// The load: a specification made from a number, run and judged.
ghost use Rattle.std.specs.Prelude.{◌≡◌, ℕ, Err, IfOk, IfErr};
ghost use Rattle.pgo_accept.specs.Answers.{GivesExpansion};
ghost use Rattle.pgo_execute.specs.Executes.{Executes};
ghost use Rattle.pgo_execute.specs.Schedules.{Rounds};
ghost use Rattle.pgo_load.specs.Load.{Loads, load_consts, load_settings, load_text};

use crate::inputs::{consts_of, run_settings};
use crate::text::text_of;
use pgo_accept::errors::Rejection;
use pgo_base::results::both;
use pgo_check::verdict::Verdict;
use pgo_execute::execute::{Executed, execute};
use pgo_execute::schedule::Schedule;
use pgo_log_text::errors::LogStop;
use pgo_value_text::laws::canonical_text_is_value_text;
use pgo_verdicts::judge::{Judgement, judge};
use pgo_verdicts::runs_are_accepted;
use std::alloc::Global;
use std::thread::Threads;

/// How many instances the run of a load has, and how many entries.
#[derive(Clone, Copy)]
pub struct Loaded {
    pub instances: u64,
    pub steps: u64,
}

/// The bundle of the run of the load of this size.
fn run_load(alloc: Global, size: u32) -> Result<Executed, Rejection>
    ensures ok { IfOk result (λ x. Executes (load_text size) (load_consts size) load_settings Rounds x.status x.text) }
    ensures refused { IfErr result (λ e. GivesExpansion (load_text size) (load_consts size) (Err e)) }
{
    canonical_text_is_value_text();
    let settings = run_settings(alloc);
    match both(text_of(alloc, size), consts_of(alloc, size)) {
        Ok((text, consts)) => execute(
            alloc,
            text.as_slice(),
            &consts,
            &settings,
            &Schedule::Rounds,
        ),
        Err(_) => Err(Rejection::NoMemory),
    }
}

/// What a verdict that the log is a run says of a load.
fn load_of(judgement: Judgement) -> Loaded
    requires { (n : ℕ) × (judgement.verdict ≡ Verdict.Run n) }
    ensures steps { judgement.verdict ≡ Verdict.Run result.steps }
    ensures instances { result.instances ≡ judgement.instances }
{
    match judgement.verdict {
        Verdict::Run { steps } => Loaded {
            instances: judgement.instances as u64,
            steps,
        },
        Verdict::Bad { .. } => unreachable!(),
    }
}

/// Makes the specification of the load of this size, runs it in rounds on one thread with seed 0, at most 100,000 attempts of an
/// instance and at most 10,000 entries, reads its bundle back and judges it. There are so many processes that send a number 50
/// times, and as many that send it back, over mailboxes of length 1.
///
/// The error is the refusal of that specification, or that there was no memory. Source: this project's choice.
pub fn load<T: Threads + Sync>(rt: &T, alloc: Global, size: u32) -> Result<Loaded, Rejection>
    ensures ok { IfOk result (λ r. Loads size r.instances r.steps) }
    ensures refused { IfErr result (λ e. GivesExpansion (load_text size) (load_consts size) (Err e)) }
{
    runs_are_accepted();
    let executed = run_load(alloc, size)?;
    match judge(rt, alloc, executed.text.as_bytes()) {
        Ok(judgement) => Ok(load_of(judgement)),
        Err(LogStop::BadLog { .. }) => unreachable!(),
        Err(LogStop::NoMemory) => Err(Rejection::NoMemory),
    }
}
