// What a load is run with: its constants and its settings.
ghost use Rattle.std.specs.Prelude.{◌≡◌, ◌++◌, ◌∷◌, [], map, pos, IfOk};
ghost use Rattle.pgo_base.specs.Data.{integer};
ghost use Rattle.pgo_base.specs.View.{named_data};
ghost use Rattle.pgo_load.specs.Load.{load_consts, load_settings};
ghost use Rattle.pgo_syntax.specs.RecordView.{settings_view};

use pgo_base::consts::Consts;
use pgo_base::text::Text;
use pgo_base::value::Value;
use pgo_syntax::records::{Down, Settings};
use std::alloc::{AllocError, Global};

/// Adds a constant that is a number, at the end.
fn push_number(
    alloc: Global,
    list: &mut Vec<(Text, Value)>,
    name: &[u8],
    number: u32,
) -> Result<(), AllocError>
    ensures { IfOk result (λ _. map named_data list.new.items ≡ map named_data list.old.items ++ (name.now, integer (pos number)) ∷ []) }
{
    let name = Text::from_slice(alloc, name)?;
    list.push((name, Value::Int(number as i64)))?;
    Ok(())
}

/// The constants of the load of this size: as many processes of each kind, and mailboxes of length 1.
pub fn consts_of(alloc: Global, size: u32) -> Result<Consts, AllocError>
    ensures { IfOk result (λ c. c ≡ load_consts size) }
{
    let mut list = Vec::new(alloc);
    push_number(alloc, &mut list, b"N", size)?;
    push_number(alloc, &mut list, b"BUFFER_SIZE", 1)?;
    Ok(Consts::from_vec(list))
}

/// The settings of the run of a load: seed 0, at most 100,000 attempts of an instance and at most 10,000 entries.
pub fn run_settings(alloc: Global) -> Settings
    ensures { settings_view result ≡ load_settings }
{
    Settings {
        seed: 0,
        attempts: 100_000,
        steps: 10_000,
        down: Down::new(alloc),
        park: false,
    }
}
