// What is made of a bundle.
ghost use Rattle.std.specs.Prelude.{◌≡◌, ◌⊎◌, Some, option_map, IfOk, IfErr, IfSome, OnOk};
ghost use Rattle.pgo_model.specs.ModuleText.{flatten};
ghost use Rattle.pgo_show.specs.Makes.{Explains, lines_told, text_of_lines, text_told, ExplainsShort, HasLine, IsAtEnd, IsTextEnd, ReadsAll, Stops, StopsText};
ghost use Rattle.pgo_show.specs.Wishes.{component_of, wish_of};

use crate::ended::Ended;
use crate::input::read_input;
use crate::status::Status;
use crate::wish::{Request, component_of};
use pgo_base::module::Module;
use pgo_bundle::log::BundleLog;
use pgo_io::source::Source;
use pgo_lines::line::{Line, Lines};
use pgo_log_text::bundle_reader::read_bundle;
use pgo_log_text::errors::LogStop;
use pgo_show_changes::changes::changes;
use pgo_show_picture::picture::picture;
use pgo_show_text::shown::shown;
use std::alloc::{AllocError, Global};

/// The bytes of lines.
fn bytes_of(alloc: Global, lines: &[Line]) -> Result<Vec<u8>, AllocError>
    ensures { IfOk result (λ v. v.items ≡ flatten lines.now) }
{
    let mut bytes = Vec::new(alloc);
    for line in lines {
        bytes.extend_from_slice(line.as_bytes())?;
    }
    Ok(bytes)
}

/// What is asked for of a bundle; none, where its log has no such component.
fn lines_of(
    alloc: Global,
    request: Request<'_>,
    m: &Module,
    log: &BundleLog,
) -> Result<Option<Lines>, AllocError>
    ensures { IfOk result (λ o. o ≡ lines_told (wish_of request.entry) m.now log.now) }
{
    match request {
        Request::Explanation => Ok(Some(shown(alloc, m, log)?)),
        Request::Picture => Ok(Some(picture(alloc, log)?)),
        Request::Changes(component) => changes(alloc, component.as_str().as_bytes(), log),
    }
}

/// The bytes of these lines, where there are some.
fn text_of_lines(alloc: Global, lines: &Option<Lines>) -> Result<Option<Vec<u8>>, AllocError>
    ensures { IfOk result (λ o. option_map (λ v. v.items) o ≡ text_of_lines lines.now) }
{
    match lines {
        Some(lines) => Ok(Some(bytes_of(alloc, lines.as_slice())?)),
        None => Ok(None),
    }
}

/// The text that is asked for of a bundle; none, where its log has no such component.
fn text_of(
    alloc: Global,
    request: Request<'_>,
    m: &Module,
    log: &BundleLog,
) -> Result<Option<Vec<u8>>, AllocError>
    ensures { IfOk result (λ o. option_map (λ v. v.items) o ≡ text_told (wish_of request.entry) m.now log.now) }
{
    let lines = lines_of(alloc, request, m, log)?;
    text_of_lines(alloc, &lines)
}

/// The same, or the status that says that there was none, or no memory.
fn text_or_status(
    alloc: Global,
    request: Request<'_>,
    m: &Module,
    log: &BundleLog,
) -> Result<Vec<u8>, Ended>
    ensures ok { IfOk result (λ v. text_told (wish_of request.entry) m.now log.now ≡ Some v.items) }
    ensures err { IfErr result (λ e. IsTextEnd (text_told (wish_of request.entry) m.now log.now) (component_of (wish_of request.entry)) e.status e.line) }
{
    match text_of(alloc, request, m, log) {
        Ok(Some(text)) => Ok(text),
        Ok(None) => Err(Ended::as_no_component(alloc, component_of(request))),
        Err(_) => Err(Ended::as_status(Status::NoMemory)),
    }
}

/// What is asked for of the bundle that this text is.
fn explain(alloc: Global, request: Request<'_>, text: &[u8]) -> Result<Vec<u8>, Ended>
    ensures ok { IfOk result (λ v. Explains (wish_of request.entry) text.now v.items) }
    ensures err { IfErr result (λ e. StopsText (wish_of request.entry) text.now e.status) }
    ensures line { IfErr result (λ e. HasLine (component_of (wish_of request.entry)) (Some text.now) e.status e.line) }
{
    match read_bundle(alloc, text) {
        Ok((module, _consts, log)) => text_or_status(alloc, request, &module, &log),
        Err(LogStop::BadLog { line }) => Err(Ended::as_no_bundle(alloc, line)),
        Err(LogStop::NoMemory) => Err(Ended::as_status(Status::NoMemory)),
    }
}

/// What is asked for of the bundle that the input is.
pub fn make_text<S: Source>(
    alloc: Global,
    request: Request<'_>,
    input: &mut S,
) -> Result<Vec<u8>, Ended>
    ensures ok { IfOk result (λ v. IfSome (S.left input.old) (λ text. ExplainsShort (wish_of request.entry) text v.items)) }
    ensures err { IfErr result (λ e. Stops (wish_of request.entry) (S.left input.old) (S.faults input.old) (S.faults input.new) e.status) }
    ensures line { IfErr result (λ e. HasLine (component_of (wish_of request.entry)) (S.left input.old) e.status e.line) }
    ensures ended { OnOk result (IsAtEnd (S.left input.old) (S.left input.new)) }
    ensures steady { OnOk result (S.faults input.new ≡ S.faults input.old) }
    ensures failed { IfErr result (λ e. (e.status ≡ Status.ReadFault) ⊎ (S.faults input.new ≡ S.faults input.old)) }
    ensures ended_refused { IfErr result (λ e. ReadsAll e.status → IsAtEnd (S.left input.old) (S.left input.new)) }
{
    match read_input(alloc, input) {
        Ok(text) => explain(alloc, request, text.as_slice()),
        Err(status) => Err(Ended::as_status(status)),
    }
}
_____
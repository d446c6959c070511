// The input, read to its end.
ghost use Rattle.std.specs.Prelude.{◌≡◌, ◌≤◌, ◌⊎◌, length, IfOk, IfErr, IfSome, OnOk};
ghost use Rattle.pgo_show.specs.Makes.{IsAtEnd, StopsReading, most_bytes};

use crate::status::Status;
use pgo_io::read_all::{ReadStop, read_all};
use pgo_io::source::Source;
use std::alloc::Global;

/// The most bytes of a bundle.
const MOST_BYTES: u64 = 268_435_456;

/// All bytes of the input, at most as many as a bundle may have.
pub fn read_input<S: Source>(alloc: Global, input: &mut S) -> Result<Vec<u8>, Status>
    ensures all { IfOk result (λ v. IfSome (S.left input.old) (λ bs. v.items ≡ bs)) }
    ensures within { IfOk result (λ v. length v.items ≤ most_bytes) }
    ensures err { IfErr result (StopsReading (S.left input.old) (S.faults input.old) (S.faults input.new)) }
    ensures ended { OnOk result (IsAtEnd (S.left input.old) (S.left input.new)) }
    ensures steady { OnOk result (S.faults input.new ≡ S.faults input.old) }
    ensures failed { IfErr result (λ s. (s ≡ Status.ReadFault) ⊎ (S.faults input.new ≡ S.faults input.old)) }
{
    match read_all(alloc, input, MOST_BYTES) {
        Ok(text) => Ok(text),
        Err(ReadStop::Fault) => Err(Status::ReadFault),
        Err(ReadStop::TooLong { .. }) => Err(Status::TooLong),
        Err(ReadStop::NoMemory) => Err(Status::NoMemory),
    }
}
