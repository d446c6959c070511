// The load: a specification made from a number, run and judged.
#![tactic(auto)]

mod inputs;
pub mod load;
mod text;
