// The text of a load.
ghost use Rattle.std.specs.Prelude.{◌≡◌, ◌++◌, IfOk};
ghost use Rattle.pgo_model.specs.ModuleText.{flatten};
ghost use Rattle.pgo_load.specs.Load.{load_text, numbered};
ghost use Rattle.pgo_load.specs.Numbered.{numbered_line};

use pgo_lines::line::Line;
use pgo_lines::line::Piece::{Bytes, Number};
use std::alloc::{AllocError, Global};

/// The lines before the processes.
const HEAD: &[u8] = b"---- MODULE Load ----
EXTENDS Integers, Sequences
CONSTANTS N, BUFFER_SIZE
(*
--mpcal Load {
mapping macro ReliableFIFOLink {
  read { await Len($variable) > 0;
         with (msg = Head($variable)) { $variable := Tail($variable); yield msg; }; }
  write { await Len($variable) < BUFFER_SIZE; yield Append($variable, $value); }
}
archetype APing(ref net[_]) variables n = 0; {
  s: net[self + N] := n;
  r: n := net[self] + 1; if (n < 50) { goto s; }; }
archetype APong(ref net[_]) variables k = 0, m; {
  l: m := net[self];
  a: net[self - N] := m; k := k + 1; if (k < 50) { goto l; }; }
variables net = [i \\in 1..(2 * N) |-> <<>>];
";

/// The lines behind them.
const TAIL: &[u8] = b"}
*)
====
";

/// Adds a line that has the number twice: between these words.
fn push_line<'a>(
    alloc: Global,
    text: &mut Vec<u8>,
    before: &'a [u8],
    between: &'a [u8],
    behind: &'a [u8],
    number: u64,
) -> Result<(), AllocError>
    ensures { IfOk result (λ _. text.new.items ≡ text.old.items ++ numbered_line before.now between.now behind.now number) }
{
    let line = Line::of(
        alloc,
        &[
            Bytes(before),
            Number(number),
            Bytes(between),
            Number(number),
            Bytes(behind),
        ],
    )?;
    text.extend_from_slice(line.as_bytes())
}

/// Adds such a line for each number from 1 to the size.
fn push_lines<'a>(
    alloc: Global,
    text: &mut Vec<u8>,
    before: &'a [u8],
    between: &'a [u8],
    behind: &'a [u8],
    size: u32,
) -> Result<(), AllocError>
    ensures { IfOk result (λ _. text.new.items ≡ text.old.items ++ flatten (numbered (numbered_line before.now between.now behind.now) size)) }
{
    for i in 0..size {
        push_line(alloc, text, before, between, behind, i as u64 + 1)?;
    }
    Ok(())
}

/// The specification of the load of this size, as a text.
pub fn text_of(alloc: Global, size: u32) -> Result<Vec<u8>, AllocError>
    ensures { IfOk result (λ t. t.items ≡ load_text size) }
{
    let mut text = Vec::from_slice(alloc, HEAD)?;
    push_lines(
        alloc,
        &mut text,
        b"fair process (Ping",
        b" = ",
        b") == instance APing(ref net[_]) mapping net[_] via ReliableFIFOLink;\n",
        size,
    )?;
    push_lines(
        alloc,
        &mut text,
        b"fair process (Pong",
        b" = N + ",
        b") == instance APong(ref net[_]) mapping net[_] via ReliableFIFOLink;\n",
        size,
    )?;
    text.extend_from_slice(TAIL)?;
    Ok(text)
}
_____
PROBLEM DESCRIPTION ▸ Search the preceding listing for "ReliableFIFOLink", then copy every line that holds it.

ANSWER FOR THIS EXERCISE ▸
mapping macro ReliableFIFOLink {
        b") == instance APing(ref net[_]) mapping net[_] via ReliableFIFOLink;\n",
        b") == instance APong(ref net[_]) mapping net[_] via ReliableFIFOLink;\n",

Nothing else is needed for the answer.